Fourth, community and institutional engagement needs to be prioritised. The fact that the suspects were reportedly doctors from a university is deeply concerning; such institutions need support to detect radicalisation early. Counter-radicalisation programs tailored to highly educated recruits may be deployed. Modules operating in professional spaces (doctors, academics) are often less visible, but may wield more technical or ideological sophistication.
And finally, international collaboration needs to be strengthened. Given the possible transnational nature (encrypted apps, private servers, cross-border funding) of the attack, the state should deepen cooperation with foreign intelligence and law enforcement agencies. It should also encourage tech diplomacy, and engage with countries where encrypted-messaging apps like Threema are based to explore lawful but privacy-respecting access to self-hosted infrastructure linked to terror cases. There should also be public awareness about how modern terror cells operate.
What next?
The Red Fort blast investigation illustrates how modern terrorist modules are evolving rapidly. They no longer rely solely on brute force or mass propaganda — they are integrating advanced digital tradecraft with traditional radicalisation and operational planning.

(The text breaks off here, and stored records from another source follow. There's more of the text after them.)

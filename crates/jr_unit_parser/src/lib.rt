//! The reader of sources. The one promise: it gives the unit that the tokens spell, exactly where they spell
//! one that nests within the limit. What a source is stands in `specs/Grammar.antt`, how deep one nests in
//! `specs/Nesting.antt`, and the answers in `specs/Answers.antt`.
#![tactic(auto)]

mod classes;
mod fields;
mod head;
mod members;
mod parsing;
mod parts;
mod reader;
mod signatures;
#[cfg(test)]
mod tests;
mod words;

pub use parsing::{one_unit, parse};
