static FIELDS: [(&[u8], &[u8]); 14] = [
    (
        b"class A { /*@ spec_public @*/ @Deprecated private static int n = 5, m, k = -2147483648; boolean[] b = null; A a; boolean c = true; }",
        b"0:class A { 14:field 14:SpecPublic 30:Mark 42:Private 50:Static int n=65:5;m;k=75:-2147483648; 88:field boolean[] b=102:null; 108:field A a; 113:field boolean c=125:true; }",
    ),
    (b"class A { int x = 2147483648; }", b"BigLiteral 18"),
    (b"class A { int x = 1 + 2; }", b"Syntax 20"),
    (b"class A { int x }", b"Syntax 16"),
    (b"class A { int[ x; }", b"Syntax 13"),
    (b"class A { void x; }", b"Syntax 16"),
    (b"class A { float x; }", b"NotInProfile 10"),
    (
        b"class A { long x = 1L, y = -9223372036854775808L, z = 2147483648l; static long[] a; }",
        b"0:class A { 10:field long x=19:1L;y=27:-9223372036854775808L;z=54:2147483648L; 67:field 67:Static long[] a; }",
    ),
    (
        b"class A { long x = 9223372036854775808L; }",
        b"BigLiteral 19",
    ),
    (b"class A { long x = 2147483648; }", b"BigLiteral 19"),
    (
        b"class A { spec_safe_math x; }",
        b"0:class A { 10:field spec_safe_math x; }",
    ),
    (
        b"class A { /*@ spec_safe_math @*/ int x; }",
        b"0:class A { 14:field 14:SpecSafeMath int x; }",
    ),
    (b"class A { long[ x; }", b"Syntax 14"),
    (b"class A { //@ requires true;\n int x; }", b"Syntax 14"),
];

static METHODS: [(&[u8], &[u8]); 17] = [
    (
        b"class A { A(int n) { } void f() { ; ; } synchronized int[] g(final int a, B[] b) throws E, F { return null; } }",
        b"0:class A { 10:method 0 0 new A(int n;) 23:method 0 2 void f() 40:method 0 1 40:Synchronized int[] g(61:Final int a;B[] b;) }",
    ),
    (
        b"class A {\n //@ requires a > 0;\n /*@ ensures \\result > 0;\n   @ assignable a, b; @*/\n public /*@ pure @*/ int f(int a) { return a; }\n //@ static invariant true;\n //@ private monitors_for n = this;\n int n; }",
        b"0:class A { 15:method 3 1 84:Public 95:Pure int f(int a;) 143:clause 172:clause 196:field int n; }",
    ),
    (b"class A { void f(int) { } }", b"Syntax 20"),
    (b"class A { void f(int a,) { } }", b"Syntax 23"),
    (b"class A { void f() throws { } }", b"Syntax 26"),
    (b"class A { f { } }", b"Syntax 12"),
    (
        b"class A { //@ static monitors_for n = this;\n int n; }",
        b"Syntax 21",
    ),
    (
        b"class A { public //@ invariant true;\n int n; }",
        b"Syntax 21",
    ),
    (
        b"class A { /*@ spec_java_math @*/ A() { } long f(final long a, /*@ spec_safe_math */ long[] b) { long c = 1L; return c; } }",
        b"0:class A { 14:method 0 0 14:SpecJavaMath new A() 41:method 0 2 long f(48:Final long a;66:SpecSafeMath long[] b;) }",
    ),
    (b"class A { spec_java_math void f() { } }", b"Syntax 25"),
    (
        b"class A { //@ requires spec_safe_math;\n void f() { } }",
        b"Syntax 23",
    ),
    (b"class A { void f() { x: ; } }", b"NotInProfile 21"),
    (
        b"class A { void f() { if (b) { x: ; } } }",
        b"NotInProfile 30",
    ),
    (b"class A { b : }", b"Syntax 12"),
    (b"class A { ; b : }", b"Syntax 14"),
    (b"class A { void f() { } ; b : }", b"Syntax 27"),
    (b"class A { void f() { x = p ? (q) r : s; } }", b"Syntax 33"),
];

/// Words that are left out, behind dots.
static DOTTED: [(&[u8], &[u8]); 7] = [
    (b"import a.super; class A { }", b"NotInProfile 9"),
    (b"class A { a.super x; }", b"NotInProfile 12"),
    (b"class A { int x = 1.super; }", b"NotInProfile 20"),
    (
        b"class A { void f() throws E.goto { } }",
        b"NotInProfile 28",
    ),
    (b"class A { void f() { x.super = 1; } }", b"NotInProfile 23"),
    (
        b"class A { void f() { System.out.print(\"x\"); } }",
        b"NotInProfile 32",
    ),
    (
        b"class A { //@ requires x.goto;\n void f() { } }",
        b"NotInProfile 25",
    ),
];

#[test]
fn classes_are_read(rt: HostRuntime) -> Result<(), test::Fail> {
    check(&rt, rt.alloc(), &CLASSES)
}

#[test]
fn fields_are_read(rt: HostRuntime) -> Result<(), test::Fail> {
    check(&rt, rt.alloc(), &FIELDS)
}

#[test]
fn methods_are_read(rt: HostRuntime) -> Result<(), test::Fail> {
    check(&rt, rt.alloc(), &METHODS)?;
    check(&rt, rt.alloc(), &DOTTED)
}

/// Programs that use most forms, and the names of their classes.
static PROGRAMS: [(&[u8], &[u8]); 14] = [
    (
        b"class A {\n  static int n = 2;\n  //@ requires x > 0;\n  static int twice(int x) { return x + x; }\n  public static void main(String[] args) {\n    System.out.println(twice(n));\n  }\n}",
        b"A ",
    ),
    (
        b"class C extends Thread {\n  static int c;\n  public void run() { c = c + 1; }\n  //@ ensures c == \\old(c) + 1;\n  static void up(C t) {\n    t.start();\n    c = c + 1;\n    try { t.join(); } catch (InterruptedException e) { }\n  }\n  public static void main(String[] args) { up(new C()); }\n}",
        b"C ",
    ),
    (
        b"class C extends Thread {\n  static int c;\n  public void run() { up(); }\n  //@ ensures c == \\old(c) + 1;\n  static synchronized void up() { c = c + 1; }\n  public static void main(String[] args) { C t = new C(); t.start(); up(); }\n}",
        b"C ",
    ),
    (
        b"class P {\n  int n;\n  //@ requires p != null && p.n > 0;\n  static void f(P p) { }\n  public static void main(String[] args) { f(null); }\n}",
        b"P ",
    ),
    (
        b"class Buffer {\n  private int[] items;\n  private int count, in, out;\n  //@ monitors_for count = this;\n  //@ invariant 0 <= count && count <= items.length;\n  Buffer(int size) { items = new int[size]; }\n  //@ when count < items.length;\n  //@ ensures count >= 1;\n  public synchronized void put(int x) {\n    while (count == items.length) {\n      try { wait(); } catch (InterruptedException e) { }\n    }\n    commit: items[in] = x;\n    in = (in + 1) % items.length;\n    count++;\n    notifyAll();\n  }\n  //@ when count > 0;\n  public synchronized int take() {\n    int x = 0;\n    while (count == 0) {\n      try { wait(); } catch (InterruptedException e) { }\n    }\n    commit: x = items[out];\n    out = (out + 1) % items.length;\n    count--;\n    notifyAll();\n    return x;\n  }\n}\nclass Producer extends Thread {\n  private Buffer b;\n  Producer(Buffer b) { this.b = b; }\n  public void run() { for (int i = 1; i <= 3; i++) b.put(i); }\n}\nclass Main {\n  public static void main(String[] args) {\n    Buffer b = new Buffer(2);\n    Producer p = new Producer(b);\n    p.start();\n    for (int i = 0; i < 3; i++) System.out.println(b.take());\n  }\n}",
        b"Buffer Producer Main ",
    ),
    (
        b"class Box {\n  int count;\n  //@ when count > 0;\n  synchronized void take() {\n    if (count == 0) { try { wait(); } catch (InterruptedException e) { } }\n    commit: count--;\n  }\n  synchronized void put() { count++; notifyAll(); }\n}\nclass Taker extends Thread {\n  Box b;\n  Taker(Box b) { this.b = b; }\n  public void run() { b.take(); }\n}\nclass Putter extends Thread {\n  Box b;\n  Putter(Box b) { this.b = b; }\n  public void run() { b.put(); }\n}\nclass Main {\n  public static void main(String[] args) {\n    Box b = new Box();\n    new Taker(b).start();\n    new Putter(b).start();\n    b.take();\n  }\n}",
        b"Box Taker Putter Main ",
    ),
    (
        b"class D {\n  int v;\n  Object a, b;\n  //@ monitors_for v <- a, b;\n  D() { a = new Object(); b = new Object(); }\n  void set() { synchronized (a) { v = 1; } }\n  public static void main(String[] args) { new D().set(); }\n}",
        b"D ",
    ),
    (
        b"class W extends Thread {\n  Object o;\n  W(Object o) { this.o = o; }\n  public void run() { synchronized (o) { o.notify(); } }\n  public static void main(String[] args) throws InterruptedException {\n    Object o = new Object();\n    synchronized (o) { synchronized (o) { synchronized (o) {\n      new W(o).start();\n      o.wait();\n      //@ assert \\lockset.has(o);\n      System.out.println(\"back\");\n    } } }\n  }\n}",
        b"W ",
    ),
    (
        b"class N extends Thread {\n  static Object a, b;\n  public void run() { synchronized (a) { b.notify(); } }\n  public static void main(String[] args) throws InterruptedException {\n    a = new Object();\n    b = new Object();\n    N t = new N();\n    t.start();\n    t.join();\n    synchronized (a) { System.out.println(\"free\"); }\n  }\n}",
        b"N ",
    ),
    (
        b"class K extends Thread {\n  static Object a, b, c;\n  public void run() {\n    synchronized (b) {\n      synchronized (c) { c.notify(); }\n      synchronized (a) { }\n    }\n  }\n  public static void main(String[] args) throws InterruptedException {\n    a = new Object(); b = new Object(); c = new Object();\n    synchronized (a) {\n      synchronized (c) { new K().start(); c.wait(); }\n      synchronized (b) { }\n    }\n  }\n}",
        b"K ",
    ),
    (
        b"class J extends Thread {\n  static int a, b;\n  public void run() { b = 7; }\n  //@ requires a == 0 && b == 0;\n  static void f() { }\n  public static void main(String[] args) { new J().start(); f(); }\n}",
        b"J ",
    ),
    (
        b"class M {\n  //@ requires x / -1 == x;\n  static void f(int x) { System.out.println(x / -1); }\n  public static void main(String[] args) { f(-2147483648); }\n}",
        b"M ",
    ),
    (
        b"class G {\n  //@ requires (\\forall int i; 0 <= i && i < n; i >= 0);\n  static void f(int n) { }\n  public static void main(String[] args) { f(4096); f(4097); f(-1); }\n}",
        b"G ",
    ),
    (
        b"class Q {\n  Object a;\n  Q() { a = new Object(); }\n  //@ locks a;\n  void f() { synchronized (a) { synchronized (this) { } } }\n  public static void main(String[] args) { new Q().f(); }\n}",
        b"Q ",
    ),
];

These developments resonate strongly with academic insights into extremist behaviour in the digital age. As violent actors become more technically adept, states too must adapt — not just by strengthening brute-force capacity, but by cultivating sophisticated, multidisciplinary intelligence, cyber-forensics, and legal tools.
For India — and democracies globally — this case is a sobering reminder that the next frontier in counter-terrorism is not just on the physical terrain, but also in encrypted, decentralised, and deeply private digital spaces. If we are to safeguard our cities and societies, we must meet this threat not only on the streets and borders, but also on servers and in code.
The author is a retired Additional Director General of the Indian Coast Guard.